### Task directions
Please return every line of the records that contains the word "would".

=== Record extracts ===

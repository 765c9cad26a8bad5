//! Functions that read a realm's state and its starting tables.
ghost use Rattle.std.specs.Prelude.{◌≡◌, ◌+◌, ◌<◌};
ghost use Rattle.rmm_model.specs.Machine.{granule_count};
ghost use Rattle.rmm_model.specs.Realm.{IsServed};
ghost use Rattle.rmm_model.specs.Command.RealmDestroy as destroying;
ghost use Rattle.rmm_model.specs.Command.RecEnter as entering;

use crate::{Granules, granule_after};
use granule_addr::Gran;
use page_arena::PageStore;
use rmm_model::{RmmRealm, RmmRealmState, has_live};

/// Returns the state of a realm; NEW if there is no realm.
pub fn state_of(realm: Option<RmmRealm>) -> RmmRealmState
    ensures { result ≡ entering.state_of realm }
{
    match realm {
        Some(realm) => realm.state,
        None => RmmRealmState::New,
    }
}

/// Returns the granule of a realm's starting table `k`.
pub fn start_table<S: PageStore>(granules: &Granules<S>, realm: &RmmRealm, k: u8) -> Gran
    requires served { IsServed (granule_count granules.now) realm.now }
    requires below { k < realm.now.table_count }
    ensures value { result ≡ realm.now.first_table + k }
    ensures inside { result < granule_count granules.now }
{
    granule_after(realm.first_table, k as u16)
}

// Whether a starting table of a realm has a live entry.
fn has_live_table<S: PageStore>(granules: &Granules<S>, realm: &RmmRealm) -> bool
    requires { IsServed (granule_count granules.now) realm.now }
    ensures { result ≡ destroying.has_live_table granules.now realm.now.first_table realm.now.table_count }
{
    for k in 0..realm.table_count {
        if has_live(granules.page(start_table(granules, realm, k))) {
            return true;
        }
    }
    false
}

/// Returns whether a realm has a REC, or a live entry in a starting table.
#[tactic(auto, unfolding(rmm_model::specs::Command::RealmDestroy::is_realm_live))]
pub fn is_realm_live<S: PageStore>(granules: &Granules<S>, realm: &RmmRealm) -> bool
    requires { IsServed (granule_count granules.now) realm.now }
    ensures { result ≡ destroying.is_realm_live granules.now realm.now }
{
    realm.rec_count > 0 || has_live_table(granules, realm)
}
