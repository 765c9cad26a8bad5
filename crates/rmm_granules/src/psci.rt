//! Functions that check how the host completes a REC's PSCI request. RMM 1.0, RMI_PSCI_COMPLETE.
ghost use Rattle.std.specs.Prelude.{◌≡◌};
ghost use Rattle.rmm_model.specs.Command.PsciComplete as command;

use rmm_model::PsciRequest;

/// The PSCI status SUCCESS.
pub const PSCI_SUCCESS: u64 = 0;

const PSCI_DENIED: u64 = 0xFFFF_FFFF_FFFF_FFFD;

/// Returns whether a PSCI request waits for the host to complete it.
pub fn is_pending(request: PsciRequest) -> bool
    ensures { result ≡ command.is_pending request }
{
    match request {
        PsciRequest::CpuOn { .. } => true,
        PsciRequest::AffinityInfo { .. } => true,
        _ => false,
    }
}

/// Returns the target MPIDR of a PSCI request; 0 if the request has no target.
pub fn target_of(request: PsciRequest) -> u64
    ensures { result ≡ command.target_of request }
{
    match request {
        PsciRequest::CpuOn { target, .. } => target,
        PsciRequest::AffinityInfo { target } => target,
        _ => 0,
    }
}

// Whether the host may deny a request.
fn can_be_denied(request: PsciRequest) -> bool
    ensures { result ≡ command.can_be_denied request }
{
    matches!(request, PsciRequest::CpuOn { .. })
}

/// Returns whether the host may complete a PSCI request with the given status. The status has to be success, or DENIED
/// for a CPU_ON.
pub fn is_status(request: PsciRequest, status: u64) -> bool
    ensures { result ≡ command.is_status request status }
{
    status == PSCI_SUCCESS || (status == PSCI_DENIED && can_be_denied(request))
}
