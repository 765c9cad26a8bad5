//! The granules of a platform: their attributes, their contents in a page store, and functions that the RMM's checks
//! use. RMM 1.0, RMI.
//!
//! `Granules` is seen as a machine. Each call of it reads or writes one granule or VMID, and the contract says which in
//! the words of `rmm_model`. So nothing above sees a store, its flags or its bytes. Memory is taken by `open` alone.
//!
//! The crate also has the readings that failure conditions need: granules by their addresses, walks and the entries
//! where they end, pages of parameters, and requests of RECs. An RMM that ends at the first check that fails makes
//! these readings, and so does a judge that evaluates all checks. The readings change nothing, and take no memory.
#![tactic(auto)]

mod descriptor;
mod granule;
mod granules;
mod operand;
mod psci;
mod realm;
mod realm_edit;
mod realm_params;
mod rec_edit;
mod rec_params;
mod record;
mod ripas;
mod run_page;
mod table;
mod taking;
mod walking;

pub use descriptor::has_attributes;
pub use granule::{granule_after, granule_named, is_same_owner, realm_in};
pub use granules::Granules;
pub use operand::OperandConditions;
pub use psci::{PSCI_SUCCESS, is_pending, is_status, target_of};
pub use realm::{is_realm_live, start_table, state_of};
pub use realm_edit::RealmEdit;
pub use realm_params::{can_start, is_start, is_start_table, is_supported, is_vmid_valid};
pub use rec_edit::RecEdit;
pub use rec_params::{are_aux_aligned, are_aux_apart, are_aux_delegated, are_aux_inside};
pub use ripas::{init_changeable, set_changeable};
pub use run_page::{is_no_mmio, refuses_gic};
pub use table::{first_entry, is_block_too_high, is_homogeneous};
pub use walking::{entry_at, memory_below, table_below, top, walk};
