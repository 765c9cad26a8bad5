//! Edits of a realm's attributes, made in place by commands and by steps of guests' programs.
ghost use Rattle.std.specs.Prelude.{◌≡◌};
ghost use Rattle.rmm_granules.specs.RealmEdits.{edited_realm};

use rmm_model::{RmmRealm, RmmRealmState};

/// An edit of the attributes of a realm.
#[derive(Clone, Copy)]
pub enum RealmEdit {
    /// Sets the state of the realm to SYSTEM_OFF.
    SwitchOff,
    /// Subtracts one from the realm's number of RECs.
    RemoveRec,
}

impl RealmEdit {
    // Applies the edit to a realm.
    #[inline(always)]
    pub(crate) fn make(self, realm: &mut RmmRealm)
        ensures { realm.new ≡ edited_realm self realm.old }
    {
        match self {
            RealmEdit::SwitchOff => realm.state = RmmRealmState::SystemOff,
            RealmEdit::RemoveRec => realm.rec_count = realm.rec_count.saturating_sub(1),
        }
    }
}
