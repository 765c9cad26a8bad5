//! The check of a descriptor for an unprotected mapping. RMM 1.0, RMI_RTT_MAP_UNPROTECTED.
ghost use Rattle.std.specs.Prelude.{◌≡◌};
ghost use Rattle.rmm_model.specs.Command.RttMapUnprotected as mapping;

use rmi_abi::RmmSettings;

// Whether bits 9:8 of a descriptor are a shareability that the host may choose.
fn is_shareability(settings: &RmmSettings, desc: u64) -> bool
    ensures { result ≡ mapping.is_shareability settings.now desc }
{
    let sh = desc / 0x100 % 4;
    sh == 0 || (settings.takes_shareability && sh != 1)
}

/// Returns whether a descriptor of an unprotected mapping has only attributes that a host may choose. The attributes
/// are all bits outside the address field.
pub fn has_attributes(settings: &RmmSettings, desc: u64) -> bool
    ensures { result ≡ mapping.has_attributes settings.now desc }
{
    desc < 0x1_0000_0000_0000
        && desc % 4 == 0
        && desc / 4 % 8 != 4
        && desc / 0x20 % 2 == 0
        && is_shareability(settings, desc)
        && desc / 0x400 % 4 == 0
}
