//! A function that takes every free page of a page store, so that none is free afterwards.
ghost use Rattle.std.specs.Prelude.{◌≡◌, ℕ, ◌<◌, false, length};
ghost use Rattle.page_arena.specs.Page.{is_free};

use granule_addr::{Gran, Order};
use page_arena::PageStore;

// Takes every free page of a store.
pub(crate) fn take_all<S: PageStore>(store: &mut S)
    ensures taken { (page : ℕ) → page < length (S.page_bytes store.new) → is_free (S.free_flags store.new) page ≡ false }
    ensures bytes { S.page_bytes store.new ≡ S.page_bytes store.old }
{
    let order = Order::new(0).unwrap();
    for page in 0..store.pages() {
        let first = Gran::from_number(page);
        store.take_at(order, first);
    }
}
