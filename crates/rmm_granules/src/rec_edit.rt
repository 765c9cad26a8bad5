//! Edits of a REC's attributes, made in place by commands and by steps of guests' programs.
ghost use Rattle.std.specs.Prelude.{◌≡◌};
ghost use Rattle.rmm_granules.specs.RecEdits.{edited};

use rmm_model::{LastExit, PsciRequest, RipasRequest, RmmRec, RmmRecState};

/// An edit of the attributes of a REC.
#[derive(Clone, Copy)]
pub enum RecEdit {
    /// Sets the REC to RUNNING, with its run page at the given address, no exit to complete and no results of its
    /// guest.
    Enter(u64),
    /// Sets the REC to READY after an exit.
    Leave(LastExit),
    /// Removes the first step from the queue of the guest's pending steps.
    PassStep,
    /// Sets the length of the queue of the guest's pending steps.
    Steps(u8),
    /// Adds one to the number of the guest's results, modulo 32.
    AddResult,
    Ripas(RipasRequest),
    Psci(PsciRequest),
    Runnable(bool),
    Nothing,
}

impl RecEdit {
    // Applies the edit to a REC.
    #[inline(always)]
    pub(crate) fn make(self, rec: &mut RmmRec)
        ensures { rec.new ≡ edited self rec.old }
    {
        match self {
            RecEdit::Enter(run) => {
                rec.state = RmmRecState::Running;
                rec.run = run;
                rec.exit = LastExit::Other;
                rec.result_count = 0;
            }
            RecEdit::Leave(last) => {
                rec.state = RmmRecState::Ready;
                rec.exit = last;
            }
            RecEdit::PassStep => {
                rec.first_step = (rec.first_step % 16 + 1) % 16;
                rec.step_count = rec.step_count.saturating_sub(1);
            }
            RecEdit::Steps(count) => rec.step_count = count,
            RecEdit::AddResult => rec.result_count = (rec.result_count % 32 + 1) % 32,
            RecEdit::Ripas(request) => rec.ripas = request,
            RecEdit::Psci(request) => rec.psci = request,
            RecEdit::Runnable(is_runnable) => rec.is_runnable = is_runnable,
            RecEdit::Nothing => {}
        }
    }
}
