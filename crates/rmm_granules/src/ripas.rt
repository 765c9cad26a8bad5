//! Functions that return the kinds of RTT entries whose RIPAS a command may change.
ghost use Rattle.std.specs.Prelude.{◌≡◌};
ghost use Rattle.rmm_model.specs.Command.RttInitRipas as making;
ghost use Rattle.rmm_model.specs.Command.RttSetRipas as setting;

use rmi_abi::RmmSettings;
use rmm_model::{Changeable, RipasRequest};

/// Returns the kinds of RTT entries that RMI_RTT_INIT_RIPAS changes: UNASSIGNED entries, except those with RIPAS
/// DESTROYED if `stops_at_destroyed` is set.
pub fn init_changeable(settings: &RmmSettings) -> Changeable
    ensures { result ≡ making.init_changeable settings.now }
{
    Changeable {
        assigned: false,
        destroyed: !settings.stops_at_destroyed,
    }
}

/// Returns the kinds of RTT entries that RMI_RTT_SET_RIPAS changes for a REC's request.
pub fn set_changeable(request: &RipasRequest) -> Changeable
    ensures { result ≡ setting.set_changeable request.now }
{
    Changeable {
        assigned: true,
        destroyed: request.changes_destroyed,
    }
}
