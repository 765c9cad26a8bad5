//! Checks of the flags and the GIC fields that the host gives in the run page of RMI_REC_ENTER. RMM 1.0, RMI_REC_ENTER.
ghost use Rattle.std.specs.Prelude.{◌≡◌, length};
ghost use Rattle.rmi_abi.specs.Gic.{is_gicv3_lr};
ghost use Rattle.rmm_model.specs.Command.RecCreate.{all_from};
ghost use Rattle.rmm_model.specs.Command.RecEnter as entering;

use rmi_abi::{EnterFlags, GicFields, RmmSettings};
use rmm_model::{LastExit, RmmRec};

/// Returns whether the host claims to have emulated an access, but the REC's last exit was not an emulatable abort.
/// `flags` are the host's flags in the run page.
pub fn is_no_mmio(rec: &RmmRec, flags: u64) -> bool
    ensures { result ≡ entering.is_no_mmio rec.now flags }
{
    EnterFlags::emulates_mmio(flags) && !matches!(rec.exit, LastExit::EmulatableAbort)
}

// Whether a host may set the list registers to their values in a run page.
fn are_lrs(num_lrs: u8, page: &[u8]) -> bool
    requires { length page.now ≡ 4096 }
    ensures { result ≡ all_from (is_gicv3_lr num_lrs page.now) 0 16 }
{
    for k in 0..16u8 {
        if !GicFields::is_lr_allowed(num_lrs, page, k) {
            return false;
        }
    }
    true
}

/// Returns whether the GIC fields of a run page are refused: the settings require their check, and one has a value that
/// a host may not set.
#[tactic(auto, unfolding(rmm_model::specs::Command::RecEnter::is_gic_wrong))]
pub fn refuses_gic(settings: &RmmSettings, page: &[u8]) -> bool
    requires { length page.now ≡ 4096 }
    ensures { result ≡ entering.is_gic_wrong settings.now page.now }
{
    settings.checks_gic
        && !(GicFields::is_hcr_allowed(GicFields::hcr(page)) && are_lrs(settings.lrs, page))
}
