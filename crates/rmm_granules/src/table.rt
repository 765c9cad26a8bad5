//! Checks of a translation table that is to be folded into an entry. RMM 1.0, RMI_RTT_FOLD.
ghost use Rattle.std.specs.Prelude.{◌≡◌, ◌^◌, ◌<◌, ◌≤◌, length};
ghost use Rattle.rmm_model.specs.Entry.{descriptor_of};
ghost use Rattle.rmm_model.specs.Table.{entry_in_page};
ghost use Rattle.rmm_model.specs.Command.RttFold as command;

use page_arena::word_in;
use rmi_abi::RmmSettings;
use rmm_model::{RmmRttEntry, entry_from_word, entry_offset, has_parts};

/// Returns the first entry of a translation table.
#[tactic(auto, unfolding(rmm_model::specs::Table::entry_in_page))]
pub fn first_entry(page: &[u8]) -> RmmRttEntry
    requires { length page.now ≡ 4096 }
    ensures value { result ≡ entry_in_page page.now 0 }
    ensures fits { descriptor_of result < 2 ^ 48 }
{
    entry_from_word(word_in(page, 0))
}

// Whether an entry maps nothing, or maps an address that an entry one level higher can map.
fn is_aligned_above(entry: RmmRttEntry, level: u8) -> bool
    requires { 1 ≤ level }
    ensures { result ≡ command.is_aligned_above entry level }
{
    !entry.is_mapping() || entry_offset(level - 1, entry.descriptor() / 4096 * 4096) == 0
}

/// Returns whether a table is homogeneous: its entries are the children that one non-TABLE entry of the level above
/// would have. Whether that level allows blocks is not checked.
#[tactic(auto, unfolding(rmm_model::specs::Command::RttFold::is_homogeneous))]
pub fn is_homogeneous(page: &[u8], level: u8) -> bool
    requires page { length page.now ≡ 4096 }
    requires level { 1 ≤ level }
    ensures { result ≡ command.is_homogeneous page.now level }
{
    let first = first_entry(page);
    !first.is_table() && is_aligned_above(first, level) && has_parts(page, first, level)
}

/// Returns whether folding a table would make a block at a level that allows no blocks.
pub fn is_block_too_high(settings: &RmmSettings, page: &[u8], level: u8) -> bool
    requires { length page.now ≡ 4096 }
    ensures { result ≡ command.is_block_too_high settings.now page.now level }
{
    first_entry(page).is_mapping() && level <= settings.block_level
}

===

### Answer to this task
/// would have. Whether that level allows blocks is not checked.
/// Returns whether folding a table would make a block at a level that allows no blocks.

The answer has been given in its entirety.